Yesterday, I blew up at my neighbor for asking me very politely if I could trim back a shrub that was blocking her view. The conversation got so heated that she turned and walked away without resolution. This neighbor is a dear friend, and this has never happened before. We have had plenty of disagreements, but they have always been civil and ended in mutual respect. This argument was not about the shrub, it was about the lack of control that both of us are feeling. We are both operating at a heightened emotional level. When that happens, things come out sideways. Less than an hour passed before we recognized this and apologized profusely to one another, hugging (against government orders) and crying and recognizing that we were under unusual stress and the shrub suddenly became unimportant.

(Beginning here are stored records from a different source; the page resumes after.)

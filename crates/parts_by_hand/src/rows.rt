use crate::steps::Step;

/// A step with what is printed of it.
pub type Named = (&'static str, Step);

// The mails are counted from 0: the changes, reports and own changes in the order in which they are made.

/// A tombstone expires once it is old and the other member reported it.
pub static STABLE_TOMBSTONE: [Named; 9] = [
    ("1 put a {}", Step::Put(1, "{}")),
    ("1 destroy a", Step::Destroy(1)),
    ("deliver 2 1.2", Step::Mail(2, 1)),
    ("deliver 2 1.1", Step::Mail(2, 0)),
    ("report 2", Step::Report(2)),
    ("hear 1 2 1", Step::Mail(1, 2)),
    ("sweep 1 599", Step::Sweep(1, 599)),
    ("sweep 1 600", Step::Sweep(1, 600)),
    ("sweep 2 600", Step::Sweep(2, 600)),
];

/// A joiner's tombstone is dropped by an image, and its next put has a version above it by the floor.
pub static IMAGE_DROPS_TOMBSTONE: [Named; 15] = [
    ("1 put a {}", Step::Put(1, "{}")),
    ("deliver 2 1.1", Step::Mail(2, 0)),
    ("2 destroy a", Step::Destroy(2)),
    ("deliver 1 2.1", Step::Mail(1, 1)),
    ("deliver 3 2.1", Step::Mail(3, 1)),
    ("report 1", Step::Report(1)),
    ("report 3", Step::Report(3)),
    ("hear 2 1 1", Step::Mail(2, 2)),
    ("hear 2 3 1", Step::Mail(2, 3)),
    ("sweep 2 600", Step::Sweep(2, 600)),
    ("join 3 2, 1 gives", Step::GiveOwn(1)),
    ("join 3 2, 3 takes", Step::Mail(3, 4)),
    ("join 3 2, 2 gives", Step::GiveImage(2)),
    ("join 3 2, 3 merges", Step::Merge(3)),
    ("3 put a {\"x\":1}", Step::Put(3, "{\"x\":1}")),
];

const P: &str = "SELECT * FROM /r";

const Q: &str = "SELECT * FROM /r WHERE x >= 2";

/// Queries are opened, told, stopped and closed.
pub static QUERY_STATES: [Named; 15] = [
    ("2 put a {\"x\":2}", Step::Put(2, "{\"x\":2}")),
    ("1 put a {\"x\":1}", Step::Put(1, "{\"x\":1}")),
    ("2 open p", Step::Open("p", P)),
    ("2 open q", Step::Open("q", Q)),
    ("deliver 2 1.1", Step::Mail(2, 1)),
    ("2 put a {\"x\":3}", Step::Put(2, "{\"x\":3}")),
    ("2 fetch p", Step::Fetch("p")),
    ("2 fetch q", Step::Fetch("q")),
    ("2 stop q", Step::Stop("q")),
    ("2 put a {\"x\":4}", Step::Put(2, "{\"x\":4}")),
    ("2 fetch q", Step::Fetch("q")),
    ("2 stop q", Step::Stop("q")),
    ("2 close q", Step::Close("q")),
    ("2 fetch q", Step::Fetch("q")),
    ("2 open p", Step::Open("p", P)),
];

This is what happens when a whole community experiences trauma together. We have a mutual understanding of the circumstances. We have the same baseline. And shared trauma often results in a strengthening of relationships in the end, because we help each other through.
When I was in my deepest pit of grief, I would lash out (mostly at my husband, because he was obligated to still hang out with me afterwards), because I was feeling such deep fear and uncertainly that no one else around me was feeling. Over time, I started to develop a keen awareness of that look in someone’s eye that they were having a different experience of life than was happening on the surface, that feeling that life is happening as normal for everyone else but you. Your life, as you know it, has stopped, but no one else can see that.
The punchline is this: grief is easier when shared. I am the first to admit that sharing grief can be so hard. Understanding the grief of another is impossible. But the most profound moments of healing I have felt in this traumatic journey of loss have been when someone came along side me and simply said, “I see you”. The grace in that moment allows space for grief to exist in real time.
So, in this really confusing, unsettling time, be glad that we can share this burden with one another. None of us are facing this alone. But we all have our different trigger points. For me, it was my precious shrubs. For you, it might be your family who is far away from you or wondering how you will pay your next round of bills. Whatever that grief is, make space for it and make grace for it in your heart. For you and for your neighbors. And by all means, keep making music.